Ich denke, dass so ziemlich jeder dieser Punkte mit einem entsprechenden Link auf Java Insel / Javabuch / javadoc / sun's java foren erledigt werden kann.

----


> Thomas, ich weiß das du um einiges weiter bist als ich, beachte aber das ich erst drei Monate bei tt bin, und Java erst seit zwei Jahren kenne. Ich arbeite überwiegend mit der Sprache Assembler. Egal was ihr sagt, aber es gibt Bereiche in denen ausschließlich in Assembler programmiert wird. Da kann mir keiner etwas vormachen. (Glaubt mir).


Das hab ich damit nicht gemeint! Vielmehr meinte ich, dass du zum einen dich darüber aufregst das die Leute zu wenig in die Dokus schauen, zu wenig selber Suchen-jetzt wo du herausgefunden hast wie man sich selbst hilft - vorher warst du genauso. Aber das macht nichts, denn so geht es aber jedem Anfänger. Irgendwann kommt immer der Punkt wo man Anfängt die Thematik besser zu verstehen und man kann immer schneller immer komplexere Aufgaben lösen.



> Ich weiß und bleibe trotzdem bei meiner Meinung!


Gut, das ändert trotzdem nichts an den Tatsachen. Ich denke einfach Einsteiger tutorials gibts wie Sand am Meer, so das es hier ausreicht einen entsprechenden Link zu posten (Hier kann man auch auf die Linkliste verweisen). Ich konzentriere mich lieber auf anspruchsvollere Themen oder zeige wie man die zahlreichen Technologien im Java Umfeld unter einen Hut bringen kann und stelle dazu auch öfters mal das ein oder andere Framework vor.

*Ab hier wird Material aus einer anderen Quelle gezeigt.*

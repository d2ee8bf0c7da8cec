// How often cells were asked.
ghost use Rattle.std.specs.Prelude.{◌≡◌, ◌<◌, ◌≤◌, ◌*◌, ◌^◌, All, length, sum};
ghost use Rattle.isolate_run.specs.declared.ended.Ended.{Ended};
ghost use Rattle.site_report.specs.Report.{count_at, count_of};

use isolate_run::Ended;

/// How often these entries asked the cell of a site.
#[tactic(auto, unfolding(crate::specs::Report::count_at))]
pub fn count_at(ended: &[Ended], site: usize) -> u128
    requires few { length ended.now ≤ 64 }
    requires counted { All (λ (e : Ended). site < length e.calls.items) ended.now }
    ensures { result ≡ count_at ended.now site }
{
    let mut count = 0;
    for entry in ended {
        count += u128::from(entry.calls[site]);
    }
    count
}

fn sum_of(counts: &[u64]) -> u128
    ensures sum { result ≡ sum counts.now }
    ensures small { result ≤ length counts.now * 2 ^ 64 }
{
    let mut total = 0;
    for count in counts {
        total += u128::from(*count);
    }
    total
}

/// How often these entries asked a cell.
#[tactic(auto, unfolding(crate::specs::Report::count_of))]
pub fn count_of(ended: &[Ended]) -> u128
    requires few { length ended.now ≤ 64 }
    requires small { All (λ (e : Ended). length e.calls.items ≤ 65536) ended.now }
    ensures { result ≡ count_of ended.now }
{
    let mut total = 0;
    for entry in ended {
        total += sum_of(&entry.calls);
    }
    total
}
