// A view of one device's group in survey words.
#![tactic(auto)]

ghost use Rattle.std.specs.Prelude.{◌≡◌};
ghost use Rattle.view.specs.View.{group_place, group_words};
ghost use Rattle.refusal.specs.Refusal.{outcome};

use refusal::Refusal;
use survey::Bounds;

// The survey's words, and one device's place.
#[derive(Clone, Copy)]
pub struct View<'a> {
    pub words: &'a [u32],
    pub place: usize,
}

// Where the group of the device at a place stands; refused where the words are (4), then where there is no such device (14).
#[tactic(auto, unfolding(crate::specs::View::group_place), using(refusal::proofs::Laws::refused_bind))]
pub fn stand_of(survey: &[u32], place: usize) -> Result<Bounds, Refusal>
    ensures { outcome result ≡ group_place survey.now place }
{
    wellformed::check(survey)?;
    let Some(bounds) = places::device_group(survey, place) else {
        return Err(Refusal::Missing);
    };
    Ok(bounds)
}

// The words of the group of the device at a place; none where its place is refused.
#[tactic(auto, unfolding(crate::specs::View::group_words, crate::specs::View::words_by))]
pub fn words_of<'a>(survey: &'a [u32], place: usize) -> &'a [u32]
    ensures { result.now ≡ group_words survey.now place }
{
    match stand_of(survey, place) {
        Ok(group) => &survey[group.start..group.end],
        Err(_) => &survey[0..0],
    }
}

// Where the view's group stands.
pub fn stands<'a>(v: View<'a>) -> Result<Bounds, Refusal>
    ensures { outcome result ≡ group_place v.entry.words.now v.entry.place }
{
    stand_of(v.words, v.place)
}

// The view's group beside the answer to where it stands. No Result of the one, since document 01's second thin call gives both, the part whether or not its place is refused (docs/DECISIONS.md, 60).
#[derive(Clone, Copy)]
pub struct Shown<'a> {
    pub part: &'a [u32],
    pub stand: Result<Bounds, Refusal>,
}

// The view's group, a part of the words lent, empty exactly where its place is refused, beside where it stands.
pub fn group<'a>(v: View<'a>) -> Shown<'a>
    ensures { (result.part.now ≡ group_words v.entry.words.now v.entry.place) × (outcome result.stand ≡ group_place v.entry.words.now v.entry.place) }
{
    let part = words_of(v.words, v.place);
    let stand = stand_of(v.words, v.place);
    Shown { part, stand }
}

> Wir schießen uns doch damit selbst ins Bein und das Bein ist ab, WARUM. Ganzeinfach, weil wir nicht die Probleme sehen und analysieren, und uns anhand der Ergebnisse eine Strategie ausdenken könnten. Ja ich weiß, diese Zeit die wir investieren ist unsere Freizeit. Auch ich unternehme sehr viel und bin Sportlich, aber ich lasse mir nicht die Laune durch die User verderben


Der Java Bereich ist mittlerweile der am stärksten besuchte spezialisierte Themenbereich bei uns - ich denke nicht, das wir so schlecht sind. Ganz im Gegenteil. Wir haben einige sehr kompetente Regulars mit denen man gemeinsam so ziemlich jedes noch so harte Java Problem knacken kann. Das macht uns aus - das macht uns Stark!

Gruß Tom


----------



## Thomas Darimont (4. März 2008)

Hallo,



> Das nennt sich hier Tutorials.de und zum Thema Java gibt es 11,
> in Worten "ELF" Stück !


Auch das ist nicht ganz richtig...
Die 11 tutorials sind nur die Spitze des Eisberges! Wir haben hier 100te von größeren Beiträgen die locker als Tutorial durchgehen könnten, aber leider nicht als solche gekennzeichnet wurden.

Beispiele gefällig?
http://www.tutorials.de/forum/java/268800-einfache-webservices-unter-java-6-mustang.html
http://www.tutorials.de/forum/java/305539-net-webservice-java-ansprechen.html
http://www.tutorials.de/forum/java/...-eclipse-rcp-view-mit-aspectj-und-spring.html
http://www.tutorials.de/forum/java/303535-spring-dynamic-modules-osgi-und-aspectj.html
http://www.tutorials.de/forum/java/275762-setter-eines-objektes-ueberwachen.html
http://www.tutorials.de/forum/java/...e-bei-mit-new-erzeugten-beans-mt-aspectj.html
http://www.tutorials.de/forum/java/231847-rmi-unter-java-5-a.html
http://www.tutorials.de/forum/java/232539-rmi.html
http://www.tutorials.de/forum/j2ee/...-client-auf-jboss-zum-laufen-zu-bekommen.html
http://www.tutorials.de/forum/java/269599-rmi-als-eclipse-plug.html
und das ist nur ein seeeeeeeeeeeeeeeeeehr kleiner Auszug...


----------



## cyb3rdragon (4. März 2008)

Ich denke das das was fehlt eine kurze aber detailierte und nach Themen sortierte Auflistung von Tutorials oder Themen ist. Soviel man auch googelt und die Suche nutzt. Oft fallen einem einfach nicht die richtigen Suchbegriffe ein oder erst nachdem man schon fragen gestellt hat. 
Die Bereiche müssten dann auch etwas genauer getrennt werden. z.B. ist ein JTable zwar Swing, lässt sich aber kaum mit den Problemen mit einem JButton vergleichen. Wenn man dann den einzelnen Themen noch eine kleine Beschreibung spendiert damit man nicht immer erst das ganze Thema durchlesen muss bis man weis ob es einem vllt hilft oder nicht wäre schon eine ziemlich große Hilfe.


----------



## Stigma (4. März 2008)

Thomas, in einigen Dingen stimme ich dir voll und ganz zu, genauso wie ich Sascha Schirra zustimme. Was mit bei dieser Seite fehlt ist etwas mehr Struktur. Warum wurden 100te gleiche Fragen minimal beantwortet. Mit minimal meine ich, es wurde immer das erklärt was der User fragte. Warum gibt es nicht Beiträge die sich um ein Themengebiet kümmern und alle Eigenschaften der Thematik vereint und mit Beispielcodes verdeutlichen?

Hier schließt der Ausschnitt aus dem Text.